» EXERCISE OBJECTIVE
Reproduce the records below exactly, but only between the lines holding "if minor != 0" and "fn version_in(bytes: &[u8])", inclusive.

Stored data
============================================================

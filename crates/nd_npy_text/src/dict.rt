//! Reading the dict of a head: the item type, the order and the shape, whose keys may stand in any order.

ghost use Rattle.std.specs.Prelude.{◌≡◌, ◌≤◌, length, IsTrue, IfOk};
ghost use Rattle.std.specs.Result.{result_map_both};
ghost use Rattle.nd_npy_text.specs.ItemTypes.{has_its_order};
ghost use Rattle.nd_npy_text.specs.HeaderReading.{key_end, key_until, key_in, no_parts, value_in, entry_in, next_entry, entries_in, description_of_found, without_comma, line_end, dict_end, dict_in};
ghost use Rattle.nd_npy_text.specs.DictEntries.{listed, entry_parts, dict_of, AreSound};
ghost use Rattle.nd_npy_text.specs.declared.dict.Key.TheVariants.{Descr, FortranOrder, Shape};

use crate::errors::HeaderFlaw;
use crate::header_tokens::{after_mark, after_spaces, after_text, truth_here};
use crate::item_type::ItemType;
use crate::item_words::item_type_here;
use crate::length_list::Lengths;
use crate::shape_lengths::shape_here;

/// A key of the dict.
#[derive(Clone, Copy)]
enum Key {
    /// `descr`, the item type.
    Descr,
    /// `fortran_order`, whether the first axis runs fastest.
    FortranOrder,
    /// `shape`, the lengths.
    Shape,
}

/// The values of a dict that were read so far; a key that wasn't read yet has `None`.
#[derive(Clone, Copy)]
struct Found {
    item_type: Option<ItemType>,
    fortran_order: Option<bool>,
    shape: Option<Lengths>,
}

/// What a dict says.
#[derive(Clone, Copy)]
pub(crate) struct Dict {
    pub(crate) item_type: ItemType,
    pub(crate) fortran_order: bool,
    pub(crate) shape: Lengths,
}

/// Returns `key` and what follows the colon after it, where `name` and then `quote` must stand at the front of `text`.
#[tactic(auto, unfolding(crate::specs::HeaderReading::key_end))]
fn key_end<'a>(
    key: Key,
    name: &[u8],
    quote: u8,
    text: &'a [u8],
) -> Result<(Key, &'a [u8]), (usize, HeaderFlaw)>
    ensures { result_map_both (λ x. (x.0, x.1.now)) (λ stop. stop) result ≡ key_end key name.now quote text.now }
{
    match after_text(HeaderFlaw::Key, name, text) {
        Ok(rest) => match after_text(HeaderFlaw::Key, &[quote], rest) {
            Ok(rest) => match after_mark(HeaderFlaw::Key, b':', rest) {
                Ok(rest) => Ok((key, rest)),
                Err(stop) => Err(stop),
            },
            Err(stop) => Err(stop),
        },
        Err(stop) => Err(stop),
    }
}

/// Returns the key whose name stands at the front of `text`, with `quote` after it, and what follows the colon after
/// that.
fn key_until(quote: u8, text: &[u8]) -> Result<(Key, &[u8]), (usize, HeaderFlaw)>
    ensures { result_map_both (λ x. (x.0, x.1.now)) (λ stop. stop) result ≡ key_until quote text.now }
{
    match text {
        [b'd', ..] => key_end(Key::Descr, b"descr", quote, text),
        [b'f', ..] => key_end(Key::FortranOrder, b"fortran_order", quote, text),
        [b's', ..] => key_end(Key::Shape, b"shape", quote, text),
        _ => Err((text.len(), HeaderFlaw::Key)),
    }
}

/// Returns the key in quotes at the front of `text`, and what follows the colon after it.
#[tactic(auto, unfolding(crate::specs::HeaderReading::key_in))]
fn key_in(text: &[u8]) -> Result<(Key, &[u8]), (usize, HeaderFlaw)>
    ensures { result_map_both (λ x. (x.0, x.1.now)) (λ stop. stop) result ≡ key_in text.now }
{
    let text = after_spaces(text);
    match text {
        [byte, after @ ..] if *byte == b'\'' || *byte == b'"' => key_until(*byte, after),
        _ => Err((text.len(), HeaderFlaw::Key)),
    }
}

/// Returns `found` with the item type at the front of `text`, and what follows the item type. Fails with `KeyAgain` if
/// there is an item type already; `left` is how many bytes are left where the key begins.
#[tactic(auto, unfolding(crate::specs::HeaderReading::value_in))]
fn item_type_value(
    found: Found,
    left: usize,
    text: &[u8],
) -> Result<(Found, &[u8]), (usize, HeaderFlaw)>
    requires { AreSound (entry_parts found) }
    ensures value { result_map_both (λ x. (entry_parts x.0, x.1.now)) (λ stop. stop) result ≡ value_in Descr (entry_parts found) left text.now }
    ensures sound { IfOk result (λ x. AreSound (entry_parts x.0)) }
{
    if found.item_type.is_some() {
        return Err((left, HeaderFlaw::KeyAgain));
    }
    match item_type_here(after_spaces(text)) {
        Ok((item_type, rest)) => Ok((
            Found {
                item_type: Some(item_type),
                fortran_order: found.fortran_order,
                shape: found.shape,
            },
            rest,
        )),
        Err(stop) => Err(stop),
    }
}

/// Returns `found` with the order at the front of `text`, and what follows the order. Fails with `KeyAgain` if there is
/// an order already; `left` is how many bytes are left where the key begins.
#[tactic(auto, unfolding(crate::specs::HeaderReading::value_in))]
fn order_value(
    found: Found,
    left: usize,
    text: &[u8],
) -> Result<(Found, &[u8]), (usize, HeaderFlaw)>
    requires { AreSound (entry_parts found) }
    ensures value { result_map_both (λ x. (entry_parts x.0, x.1.now)) (λ stop. stop) result ≡ value_in FortranOrder (entry_parts found) left text.now }
    ensures sound { IfOk result (λ x. AreSound (entry_parts x.0)) }
{
    if found.fortran_order.is_some() {
        return Err((left, HeaderFlaw::KeyAgain));
    }
    match truth_here(after_spaces(text)) {
        Ok((fortran_order, rest)) => Ok((
            Found {
                item_type: found.item_type,
                fortran_order: Some(fortran_order),
                shape: found.shape,
            },
            rest,
        )),
        Err(stop) => Err(stop),
    }
}

/// Returns `found` with the shape at the front of `text`, and what follows the shape. Fails with `KeyAgain` if there is
/// a shape already; `left` is how many bytes are left where the key begins.
#[tactic(auto, unfolding(crate::specs::HeaderReading::value_in))]
fn shape_value(
    found: Found,
    left: usize,
    text: &[u8],
) -> Result<(Found, &[u8]), (usize, HeaderFlaw)>
    requires { AreSound (entry_parts found) }
    ensures value { result_map_both (λ x. (entry_parts x.0, x.1.now)) (λ stop. stop) result ≡ value_in Shape (entry_parts found) left text.now }
    ensures sound { IfOk result (λ x. AreSound (entry_parts x.0)) }
{
    if found.shape.is_some() {
        return Err((left, HeaderFlaw::KeyAgain));
    }
    match shape_here(text) {
        Ok((shape, rest)) => Ok((
            Found {
                item_type: found.item_type,
                fortran_order: found.fortran_order,
                shape: Some(shape),
            },
            rest,
        )),
        Err(stop) => Err(stop),
    }
}

/// Returns `found` with the value of `key` at the front of `text`, and what follows the value. Fails with `KeyAgain` if
/// the key already has a value; `left` is how many bytes are left where the key begins.
fn value_in(
    key: Key,
    found: Found,
    left: usize,
    text: &[u8],
) -> Result<(Found, &[u8]), (usize, HeaderFlaw)>
    requires { AreSound (entry_parts found) }
    ensures value { result_map_both (λ x. (entry_parts x.0, x.1.now)) (λ stop. stop) result ≡ value_in key (entry_parts found) left text.now }
    ensures sound { IfOk result (λ x. AreSound (entry_parts x.0)) }
{
    match key {
        Key::Descr => item_type_value(found, left, text),
        Key::FortranOrder => order_value(found, left, text),
        Key::Shape => shape_value(found, left, text),
    }
}

/// Returns `found` with the entry at the front of `text`, which is a key and its value, and what follows the entry.
#[tactic(auto, unfolding(crate::specs::HeaderReading::entry_in))]
fn entry_in(found: Found, text: &[u8]) -> Result<(Found, &[u8]), (usize, HeaderFlaw)>
    requires { AreSound (entry_parts found) }
    ensures value { result_map_both (λ x. (entry_parts x.0, x.1.now)) (λ stop. stop) result ≡ entry_in (entry_parts found) text.now }
    ensures sound { IfOk result (λ x. AreSound (entry_parts x.0)) }
{
    match key_in(text) {
        Ok((key, rest)) => value_in(key, found, after_spaces(text).len(), rest),
        Err(stop) => Err(stop),
    }
}

/// Returns `found` with the entry after the comma at the front of `text`, and what follows the entry.
#[tactic(auto, unfolding(crate::specs::HeaderReading::next_entry))]
fn next_entry(found: Found, text: &[u8]) -> Result<(Found, &[u8]), (usize, HeaderFlaw)>
    requires { AreSound (entry_parts found) }
    ensures value { result_map_both (λ x. (entry_parts x.0, x.1.now)) (λ stop. stop) result ≡ next_entry (entry_parts found) text.now }
    ensures sound { IfOk result (λ x. AreSound (entry_parts x.0)) }
{
    match after_mark(HeaderFlaw::Comma, b',', text) {
        Ok(rest) => entry_in(found, rest),
        Err(stop) => Err(stop),
    }
}

/// Returns a `Found` in which no key has a value.
fn nothing_found() -> Found
    ensures none { entry_parts result ≡ no_parts }
    ensures sound { AreSound (entry_parts result) }
{
    Found {
        item_type: None,
        fortran_order: None,
        shape: None,
    }
}

/// Returns the values of the three entries at the front of `text`, and what follows them.
#[tactic(auto, unfolding(crate::specs::HeaderReading::entries_in))]
fn entries_in(text: &[u8]) -> Result<(Found, &[u8]), (usize, HeaderFlaw)>
    ensures value { result_map_both (λ x. (entry_parts x.0, x.1.now)) (λ stop. stop) result ≡ entries_in text.now }
    ensures sound { IfOk result (λ x. AreSound (entry_parts x.0)) }
{
    match entry_in(nothing_found(), text) {
        Ok((found, text)) => match next_entry(found, text) {
            Ok((found, text)) => next_entry(found, text),
            Err(stop) => Err(stop),
        },
        Err(stop) => Err(stop),
    }
}

/// Returns the dict whose values were found. Fails if one is missing, which doesn't happen after three entries.
fn joined(found: Found) -> Result<Dict, (usize, HeaderFlaw)>
    requires { AreSound (entry_parts found) }
    ensures value { result_map_both dict_of (λ stop. stop) result ≡ description_of_found (entry_parts found) }
    ensures order { IfOk result (λ dict. IsTrue (has_its_order dict.item_type)) }
    ensures axes { IfOk result (λ dict. length (listed dict.shape) ≤ 32) }
{
    match found.item_type {
        Some(item_type) => match found.fortran_order {
            Some(fortran_order) => match found.shape {
                Some(shape) => Ok(Dict {
                    item_type,
                    fortran_order,
                    shape,
                }),
                None => Err((0, HeaderFlaw::Key)),
            },
            None => Err((0, HeaderFlaw::Key)),
        },
        None => Err((0, HeaderFlaw::Key)),
    }
}

/// Returns what follows the comma at the front of `text`, or all of `text` if there is none.
fn without_comma(text: &[u8]) -> &[u8]
    ensures { result.now ≡ without_comma text.now }
{
    match text {
        [b',', after @ ..] => after,
        _ => text,
    }
}

/// Returns no bytes if `text` is exactly one line feed, or else fails with `Padding`.
fn line_end(text: &[u8]) -> Result<&[u8], (usize, HeaderFlaw)>
    ensures { result_map_both (λ x. x.now) (λ stop. stop) result ≡ line_end text.now }
{
    match text {
        [b'\n'] => Ok(&[]),
        _ => Err((text.len(), HeaderFlaw::Padding)),
    }
}

/// Returns no bytes if `text` is the end of a dict and of its head: a comma or none, `}`, spaces and one line feed.
#[tactic(auto, unfolding(crate::specs::HeaderReading::dict_end))]
fn ending(text: &[u8]) -> Result<&[u8], (usize, HeaderFlaw)>
    ensures { result_map_both (λ x. x.now) (λ stop. stop) result ≡ dict_end text.now }
{
    match after_mark(HeaderFlaw::Ending, b'}', without_comma(after_spaces(text))) {
        Ok(rest) => line_end(after_spaces(rest)),
        Err(stop) => Err(stop),
    }
}

/// Returns what a dict says.
#[tactic(auto, unfolding(crate::specs::HeaderReading::dict_in))]
pub(crate) fn dict_in(text: &[u8]) -> Result<Dict, (usize, HeaderFlaw)>
    ensures value { result_map_both dict_of (λ stop. stop) result ≡ dict_in text.now }
    ensures order { IfOk result (λ dict. IsTrue (has_its_order dict.item_type)) }
    ensures axes { IfOk result (λ dict. length (listed dict.shape) ≤ 32) }
{
    match after_mark(HeaderFlaw::Beginning, b'{', text) {
        Ok(text) => match entries_in(text) {
            Ok((found, text)) => match ending(text) {
                Ok(_) => joined(found),
                Err(stop) => Err(stop),
            },
            Err(stop) => Err(stop),
        },
        Err(stop) => Err(stop),
    }
}
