//! Reading what stands in front of the dict: the magic bytes, the version and the length of the dict.

ghost use Rattle.std.specs.Prelude.{◌≡◌};
ghost use Rattle.std.specs.Result.{result_map_both};
ghost use Rattle.nd_npy_text.specs.HeaderReading.{magic, or_no_magic, version_numbered, version_in, size_in, text_in, opening_in};
ghost use Rattle.nd_npy_text.specs.HeaderTokens.{after_text};
ghost use Rattle.nd_npy_text.specs.declared.errors.HeaderFlaw.TheVariants.{Beginning};

use crate::errors::{HeaderError, HeaderFlaw};
use crate::header::Version;
use crate::header_tokens::after_text;

const MAGIC: &[u8] = b"\x93NUMPY";

/// Returns what follows the magic bytes.
fn after_magic(bytes: &[u8]) -> Result<&[u8], HeaderError>
    ensures { result_map_both (λ x. x.now) (λ e. e) result ≡ or_no_magic (after_text Beginning magic bytes.now) }
{
    match after_text(HeaderFlaw::Beginning, MAGIC, bytes) {
        Ok(rest) => Ok(rest),
        Err(_) => Err(HeaderError::NoMagic),
    }
}

/// Returns the version with these two numbers, if it is known.
fn version_numbered(major: u8, minor: u8) -> Option<Version>
    ensures { result ≡ version_numbered major minor }
{
    if minor != 0 {
        return None;
    }
    match major {
        1 => Some(Version::One),
        2 => Some(Version::Two),
        3 => Some(Version::Three),
        _ => None,
    }
}

/// Returns the version at the front of `bytes`, and what follows it.
fn version_in(bytes: &[u8]) -> Result<(Version, &[u8]), HeaderError>
    ensures { result_map_both (λ x. (x.0, x.1.now)) (λ e. e) result ≡ version_in bytes.now }
{
    match bytes {
        [major, minor, rest @ ..] => match version_numbered(*major, *minor) {
            Some(version) => Ok((version, rest)),
            None => Err(HeaderError::UnknownVersion {
                major: *major,
                minor: *minor,
            }),
        },
        _ => Err(HeaderError::TooShort),
    }
}

/// Returns the length of the dict at the front of `bytes`, in four bytes if `wide` and in two otherwise, and what
/// follows it.
fn size_in(wide: bool, bytes: &[u8]) -> Result<(usize, &[u8]), HeaderError>
    ensures { result_map_both (λ x. (x.0, x.1.now)) (λ e. e) result ≡ size_in wide bytes.now }
{
    if wide {
        match bytes {
            [a, b, c, d, after @ ..] => Ok((
                *a as usize + *b as usize * 256 + *c as usize * 65536 + *d as usize * 16777216,
                after,
            )),
            _ => Err(HeaderError::TooShort),
        }
    } else {
        match bytes {
            [a, b, after @ ..] => Ok((*a as usize + *b as usize * 256, after)),
            _ => Err(HeaderError::TooShort),
        }
    }
}

/// Returns at which byte of the file the elements begin, and the text of the dict, which ends there; `bytes` are those
/// that follow the version.
#[tactic(auto, unfolding(crate::specs::HeaderReading::text_in))]
fn text_in(version: Version, bytes: &[u8]) -> Result<(usize, &[u8]), HeaderError>
    ensures { result_map_both (λ x. (x.0, x.1.now)) (λ e. e) result ≡ text_in version bytes.now }
{
    match size_in(version.is_wide(), bytes) {
        Ok((size, rest)) => {
            if size > rest.len() {
                return Err(HeaderError::TooShort);
            }
            Ok((version.text_start() + size, &rest[..size]))
        }
        Err(error) => Err(error),
    }
}

/// Returns at which byte of the file the elements begin, and the text of the dict, which ends there.
#[tactic(auto, unfolding(crate::specs::HeaderReading::opening_in))]
pub(crate) fn opening_in(bytes: &[u8]) -> Result<(usize, &[u8]), HeaderError>
    ensures { result_map_both (λ x. (x.0, x.1.now)) (λ e. e) result ≡ opening_in bytes.now }
{
    match after_magic(bytes) {
        Ok(rest) => match version_in(rest) {
            Ok((version, rest)) => text_in(version, rest),
            Err(error) => Err(error),
        },
        Err(error) => Err(error),
    }
}
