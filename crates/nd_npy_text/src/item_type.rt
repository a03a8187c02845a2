//! The types of elements.

ghost use Rattle.std.specs.Prelude.{◌≡◌, ◌<◌, ◌≤◌};
ghost use Rattle.nd_npy_text.specs.ItemTypes.{kind_size, kind_code, order_mark, has_its_order};

/// What kind of number an element is.
#[derive(Clone, Copy, Debug, PartialEq, Eq)]
pub enum Kind {
    Bool,
    Int8,
    Int16,
    Int32,
    Int64,
    UInt8,
    UInt16,
    UInt32,
    UInt64,
    Float16,
    Float32,
    Float64,
    /// Two floats of four bytes: the real part and the imaginary part.
    Complex64,
    /// Two floats of eight bytes: the real part and the imaginary part.
    Complex128,
}

impl Kind {
    /// Returns how many bytes an element takes.
    pub fn size(self) -> usize
        ensures value { result ≡ kind_size self }
        ensures some { 0 < result }
        ensures few { result ≤ 16 }
    {
        match self {
            Kind::Bool => 1,
            Kind::Int8 => 1,
            Kind::Int16 => 2,
            Kind::Int32 => 4,
            Kind::Int64 => 8,
            Kind::UInt8 => 1,
            Kind::UInt16 => 2,
            Kind::UInt32 => 4,
            Kind::UInt64 => 8,
            Kind::Float16 => 2,
            Kind::Float32 => 4,
            Kind::Float64 => 8,
            Kind::Complex64 => 8,
            Kind::Complex128 => 16,
        }
    }

    /// Returns how numpy writes the kind, after the byte order: a letter and how many bytes an element takes.
    pub fn code(self) -> &'static [u8]
        ensures { result.now ≡ kind_code self }
    {
        match self {
            Kind::Bool => b"b1",
            Kind::Int8 => b"i1",
            Kind::Int16 => b"i2",
            Kind::Int32 => b"i4",
            Kind::Int64 => b"i8",
            Kind::UInt8 => b"u1",
            Kind::UInt16 => b"u2",
            Kind::UInt32 => b"u4",
            Kind::UInt64 => b"u8",
            Kind::Float16 => b"f2",
            Kind::Float32 => b"f4",
            Kind::Float64 => b"f8",
            Kind::Complex64 => b"c8",
            Kind::Complex128 => b"c16",
        }
    }
}

/// In which order the bytes of a number lie.
#[derive(Clone, Copy, Debug, PartialEq, Eq)]
pub enum ByteOrder {
    /// The least significant byte first.
    Little,
    /// The most significant byte first.
    Big,
    /// Numbers of one byte have no byte order.
    NotApplicable,
}

impl ByteOrder {
    /// Returns how numpy writes the byte order: as `<`, `>` or `|`.
    pub fn mark(self) -> u8
        ensures { result ≡ order_mark self }
    {
        match self {
            ByteOrder::Little => b'<',
            ByteOrder::Big => b'>',
            ByteOrder::NotApplicable => b'|',
        }
    }
}

/// The type of the elements: a kind of number and a byte order.
#[derive(Clone, Copy, Debug, PartialEq, Eq)]
pub struct ItemType {
    /// The kind of number that an element is.
    pub kind: Kind,
    /// In which order the bytes of a number lie; it holds for each of the two parts of a complex number.
    pub order: ByteOrder,
}

impl ItemType {
    /// Returns how many bytes an element takes.
    pub fn size(self) -> usize
        ensures value { result ≡ kind_size self.kind }
        ensures some { 0 < result }
        ensures few { result ≤ 16 }
    {
        self.kind.size()
    }

    /// Returns whether the byte order is one that the kind can have: `NotApplicable` if an element takes one byte, and
    /// `Little` or `Big` if it takes more.
    pub fn has_its_order(self) -> bool
        ensures { result ≡ has_its_order self }
    {
        (self.order == ByteOrder::NotApplicable) == (self.kind.size() == 1)
    }
}
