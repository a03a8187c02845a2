//! The diagonal of a layout: the indexes whose coordinates are all equal.

ghost use Rattle.std.specs.Prelude.{◌≡◌, ◌<◌, ◌^◌, ℕ, [], ◌∷◌, length, min, slice_index, nat_abs, ◌+ℤ◌};
ghost use Rattle.nd_shape_and_slice.specs.PlacesAndOverlaps.{span_of};
ghost use Rattle.nd_layout.specs.StridesAfterLayoutCalls.{sum_of, diagonal_stride};
ghost use Rattle.nd_shape_and_slice.specs.LayoutIndexMaps.{diagonal_length};
ghost use Rattle.nd_layout.specs.LayoutStepsOfCalls.{placement_of, IsDiagonalStep};

use super::Layout;
use super::invert_split_and_permute_axes::{length_at, stride_at};
use nd_shape_and_slice::{Dimension, IntoDimension, Ix1, StrideList};

/// Returns the smaller of two lengths.
fn smaller(a: usize, b: usize) -> usize
    ensures { result ≡ min a b }
{
    if a < b { a } else { b }
}

/// Returns the length of the diagonal: the least of `lengths`, or 1 if there are no axes.
fn len_of_diagonal(lengths: &[usize]) -> usize
    ensures { result ≡ diagonal_length lengths.now }
{
    if lengths.is_empty() {
        return 1;
    }
    let mut least = length_at(lengths, 0);
    for k in 1..lengths.len() {
        least = smaller(least, length_at(lengths, k));
    }
    least
}

/// Returns the sum of two strides.
fn plus(a: isize, b: isize) -> isize
    requires { nat_abs (a +ℤ b) < 2 ^ 63 }
    ensures { result ≡ a +ℤ b }
{
    a + b
}

/// Returns the sum of `strides`. Every axis must be longer than 1.
fn sum_of_strides(lengths: &[usize], strides: &[isize]) -> isize
    requires as_many { length strides.now ≡ length lengths.now }
    requires long { (a : ℕ) → a < length lengths.now → 1 < slice_index lengths.now a }
    requires spread { span_of lengths.now strides.now < 2 ^ 63 }
    ensures { result ≡ sum_of strides.now }
{
    let mut sum = 0;
    for k in 0..lengths.len() {
        sum = plus(sum, stride_at(strides, k));
    }
    sum
}

/// Returns the stride of the diagonal, whose length is `len`: the sum of `strides`, or 0 if `len` is at most 1.
fn stride_of_diagonal(lengths: &[usize], strides: &[isize], len: usize) -> isize
    requires as_many { length strides.now ≡ length lengths.now }
    requires spread { span_of lengths.now strides.now < 2 ^ 63 }
    requires least { len ≡ diagonal_length lengths.now }
    ensures { result ≡ diagonal_stride lengths.now strides.now }
{
    if len <= 1 {
        0
    } else {
        sum_of_strides(lengths, strides)
    }
}

impl<D: Dimension, T: StrideList> Layout<D, T> {
    /// Returns the layout of the diagonal.
    pub fn diagonal(&self) -> Layout<Ix1, <Ix1 as Dimension>::Strides>
        ensures lengths { ⟦<Ix1 as Dimension>⟧.lengths result.dim ≡ diagonal_length (D.lengths self.now.dim) ∷ [] }
        ensures strides { result.strides ≡ diagonal_stride (D.lengths self.now.dim) (T.strides_of self.now.strides) ∷ [] }
        ensures step { IsDiagonalStep (placement_of self.now) (placement_of result) }
        ensures offset { result.offset ≡ self.now.offset }
    {
        let len = len_of_diagonal(self.dim.slice());
        let stride = stride_of_diagonal(self.dim.slice(), self.strides.slice(), len);
        Layout {
            offset: self.offset,
            dim: len.into_dimension(),
            strides: [stride],
        }
    }
}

============================================================

» RESULT
    if minor != 0 {
        return None;
    }
    match major {
        1 => Some(Version::One),
        2 => Some(Version::Two),
        3 => Some(Version::Three),
        _ => None,
    }
}

/// Returns the version at the front of `bytes`, and what follows it.
fn version_in(bytes: &[u8]) -> Result<(Version, &[u8]), HeaderError>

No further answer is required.